Degradation Mechanisms of Anion Exchange Membranes due to Alkali Hydrolysis and Radical Oxidative Species

Chemical degradation of anion exchange membrane (AEM) and anion exchange ionomer (AEI) due to alkali hydrolysis and radical oxidative species represents a daunting challenge in scale-ups of alkaline membrane fuel cell devices (AEMFCs) and alkaline membrane water electrolyzers (AEMWEs). Decades of research endeavor were devoted to find conditions where the nucleophile (i.e. OH − and O 2 ˙ − ) and nucleofuge (i.e. R 4 N + ) can co-exist indefinitely.

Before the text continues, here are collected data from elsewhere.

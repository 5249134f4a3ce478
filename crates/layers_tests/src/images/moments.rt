//! The last synced world at each moment of a step's writes.
ghost use Rattle.std.specs.Prelude.{◌≡◌, length};

use crate::images::paths::{TOP, fresh, is_walked, put_steps};
use base::number::{BlockNo, Group};
use image::Image;
use std::alloc::Global;
use std::process::Abort;
use tree::Root;
use zalloc::{Allocator, BlockState};

/// The root of the path that the step writes.
const NEXT: Root = Root {
    block: BlockNo(6),
    birth: Group(2),
};

/// Takes a number, if it is Free.
fn occupy(states: &mut Allocator, number: BlockNo)
    ensures { length states.new ≡ length states.old }
{
    match states.state(number) {
        Some(BlockState::Free) => states.take(number),
        _ => {}
    }
}

/// States of 1,000 numbers of which the first six are Allocated.
fn synced(rt: &impl Abort, alloc: Global) -> Allocator
    ensures { length result ≡ 1000 }
{
    let mut states = Allocator::new(alloc, 1000).expect(rt, "memory for the states");
    for number in 0..6 {
        occupy(&mut states, BlockNo(number));
    }
    states
}

/// An image whose kept states are those after a path was written and synced.
fn synced_image(rt: &impl Abort, alloc: Global) -> Image {
    let mut image = fresh(rt, alloc);
    assert!(rt; put_steps(&mut image, 0, 1, 0x61, 6));
    let before = image.keep(synced(rt, alloc));
    assert!(rt;
        image.keeps() == 1 && before.counts().free == 1000 && image.kept().counts().allocated == 6
    );
    image
}

#[test]
fn the_synced_path_is_walked_at_each_moment(rt: HostRuntime) {
    for moment in 0..7 {
        let mut image = synced_image(&rt, rt.alloc());
        let written = put_steps(&mut image, 6, 2, 0x62, moment);
        assert!(rt; written && is_walked(&image, TOP, 0x61));
        assert!(rt; is_walked(&image, NEXT, 0x62) == (moment == 6));
    }
}

/// The blocks that are kept aren't written.
#[test]
fn kept_blocks_are_refused(rt: HostRuntime) {
    let mut image = synced_image(&rt, rt.alloc());
    assert!(rt; !put_steps(&mut image, 0, 2, 0x62, 6) && is_walked(&image, TOP, 0x61));
}
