//! The program: hands the words, the standard input, the standard output and its boxes to the top call.
#![tactic(auto)]

use it_cli::{Status, itip};
use it_contain::{Proposer, Recent, Singles, Subsets};
use it_outside::{Sink, Source, StdSink, StdSource};
use std::alloc::{AllocError, Global};
use std::process::ExitCode;
use std::{env, io};

/// The words have no reading as text.
const UNREADABLE_WORDS: u8 = 7;

fn main(rt: HostRuntime) -> ExitCode {
    let alloc = rt.alloc();
    let arguments = match env::args(&rt) {
        Ok(arguments) => arguments,
        Err(error) if error.kind() == io::ErrorKind::OutOfMemory => {
            return ExitCode::from(Status::Memory.code());
        }
        Err(_) => return ExitCode::from(UNREADABLE_WORDS),
    };
    let Ok(words) = arguments.skip(1).collect::<Vec<String>>(alloc) else {
        return ExitCode::from(Status::Memory.code());
    };
    let Ok(texts) = words
        .iter()
        .map(|word| word.as_str())
        .collect::<Vec<&str>>(alloc)
    else {
        return ExitCode::from(Status::Memory.code());
    };
    let mut source = StdSource::new(rt.stdin());
    let mut sink = StdSink::new(rt.stdout());
    match call(alloc, texts.as_slice(), &mut source, &mut sink) {
        Ok(status) => ExitCode::from(status.code()),
        Err(_) => ExitCode::from(Status::Memory.code()),
    }
}

/// The top call, by boxes that try first what was proved last, then single variables, then all sets.
fn call<S: Source, K: Sink>(
    alloc: Global,
    words: &[&str],
    source: &mut S,
    sink: &mut K,
) -> Result<Status, AllocError> {
    let mut proposers: Vec<Box<dyn Proposer>> = Vec::new(alloc);
    proposers.push(Box::new(alloc, Recent::new())?)?;
    proposers.push(Box::new(alloc, Singles::new())?)?;
    proposers.push(Box::new(alloc, Subsets::new())?)?;
    Ok(itip(alloc, words, source, sink, proposers))
}
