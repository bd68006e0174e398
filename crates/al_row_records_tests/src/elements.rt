//! Elements of rows, worked by a program of its own (`tools/elements.py`).
use crate::keys::{ACCOUNT, BOX, LONG_BOX, RESOURCE, key};
use al_row_records::{decode_row, element};
use al_rows::Stored;
use std::alloc::{AllocError, Global};
use std::test::*;

/// Each key by its number, what spells the row under it, the round that changed the row last, and
/// its element.
const CASES: [(u8, &[u8], u64, &[u8; 36]); 8] = [
    // A balance of 2,500,000.
    (
        ACCOUNT,
        b"\x81\xa1b\xce\x00&%\xa0",
        0,
        b"\x00\x00\x00\x00\x00\x08\xbf\x07\xaa\x0a\xea\x9c\x23\xd6\xe5\x16\x68\x45\x76\x3d\xe6\xc6\x9c\xea\x93\x91\x88\x6a\x47\xba\x6c\xef\x75\xb6\xe7\x22",
    ),
    // The same, changed in round 258.
    (
        ACCOUNT,
        b"\x81\xa1b\xce\x00&%\xa0",
        258,
        b"\x00\x00\x01\x02\x00\x08\xbf\x07\xaa\x0a\xea\x9c\x23\xd6\xe5\x16\x68\x45\x76\x3d\xe6\xc6\x9c\xea\x93\x91\x88\x6a\x47\xba\x6c\xef\x75\xb6\xe7\x22",
    ),
    // The same, changed in round 2^32 + 1.
    (
        ACCOUNT,
        b"\x81\xa1b\xce\x00&%\xa0",
        (1 << 32) + 1,
        b"\x00\x00\x00\x01\x00\x08\xbf\x07\xaa\x0a\xea\x9c\x23\xd6\xe5\x16\x68\x45\x76\x3d\xe6\xc6\x9c\xea\x93\x91\x88\x6a\x47\xba\x6c\xef\x75\xb6\xe7\x22",
    ),
    // The same, changed in the last round.
    (
        ACCOUNT,
        b"\x81\xa1b\xce\x00&%\xa0",
        u64::MAX,
        b"\xff\xff\xff\xff\x00\x08\xbf\x07\xaa\x0a\xea\x9c\x23\xd6\xe5\x16\x68\x45\x76\x3d\xe6\xc6\x9c\xea\x93\x91\x88\x6a\x47\xba\x6c\xef\x75\xb6\xe7\x22",
    ),
    // A holding of an asset.
    (
        RESOURCE,
        b"\x83\xa1a\x07\xa1h\xc3\xa1x\x01",
        0x0102_0304,
        b"\x01\x02\x03\x04\x01\x00\x62\xb1\x42\xed\x80\xfc\x27\xc3\xa3\xe8\x7c\xe2\xe4\xd1\x70\x56\x51\x8e\x95\xc7\x08\x69\x3d\x35\x10\x0a\xac\xab\x02\x90",
    ),
    // A local state of an application.
    (
        RESOURCE,
        b"\x83\xa1l\xc3\xa2ot\xc4\x03own\xa1x\x02",
        0x0102_0304,
        b"\x01\x02\x03\x04\x02\x09\x73\x9e\xc4\x38\xc6\x4f\xc3\xf4\x2e\x6f\xc9\xa8\xc4\xdd\x3c\x8f\xd3\xac\x2c\xc8\x6d\xb4\x8d\x6a\x52\xa3\xe2\x51\x72\x4b",
    ),
    // A box.
    (
        BOX,
        b"\x81\xa1v\xc4\x02ab",
        0x0102_0304,
        b"\x01\x02\x03\x04\x03\x23\x0e\x02\x67\xdf\x11\x85\x20\xc5\xd1\x24\xa2\x4f\x59\xef\x05\xda\x7c\xa2\xed\x86\x51\x59\x60\x3b\x64\x3e\xaa\xd6\x6a\xa4",
    ),
    // A box with the longest name.
    (
        LONG_BOX,
        b"\x80",
        1,
        b"\x00\x00\x00\x01\x03\x50\x49\x83\xfe\x4b\x5c\x31\x00\x14\x2a\x47\x00\x3a\xa4\x81\x25\x6a\x8a\xa5\x99\x81\x8d\x16\x25\x6e\xc4\xce\xee\xa1\x4b\x13",
    ),
];

/// Whether these bytes are the element of the row that is spelled so.
fn stands_as(
    alloc: Global,
    number: u8,
    input: &[u8],
    changed: u64,
    expected: &[u8; 36],
) -> Result<bool, AllocError> {
    if input.len() > 100_000 {
        return Ok(false);
    }
    let Some(key) = key(number) else {
        return Ok(false);
    };
    let Ok(row) = decode_row(alloc, &key, input) else {
        return Ok(false);
    };
    let stored = Stored { row, changed };
    Ok(element(alloc, &key, &stored)? == *expected)
}

#[test]
fn elements(rt: HostRuntime) -> Result<(), Fail> {
    for (number, input, changed, expected) in CASES {
        assert!(rt;
            stands_as(rt.alloc(), number, input, changed, expected)?,
            "{number} {input:?} {changed}"
        );
    }
    Ok(())
}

It is envisaged that to overcome the stability setbacks, an in-depth understanding on the degradation mechanisms of functional cationic groups and polymers is important. In this chapter, an insight toward the degradation mechanisms of anion exchange functionalities of AEMs and AEIs at high pH is summarized. This chapter describes the major degradation pathways of various organic and inorganic cationic functionalities via β-hydride elimination, nucleophilic substitution reactions, and ring opening reactions in heterocyclic systems. Moreover, probable routes for oxidative degradation with reactive radical oxygen species are also summarized. The polymer backbone also plays a decisive role in designing the stable AEMs and AEIs. Thus, the mechanism and degradation phenomena in poly(arylene ethers), poly(fluoroalkanes), and poly(ionic liquids) is included. Due to recent advancements in AEM/AEI designs, the progress in cationic group's stability has achieved t 1/2 ≥ 10 000 h in strong alkaline pH. Thus, the designing rules and chemical structures of the recently reported high-performance anion exchange head group are outlined and tabulated. It is anticipated that the understanding of degradation mechanism and hydroxide breaching phenomena in AEMs can offer newer avenues to precisely design and functionalize polymers to fabricate state-of-the-art AEMs/AEIs for alkaline membrane fuel cell and water electrolyzers.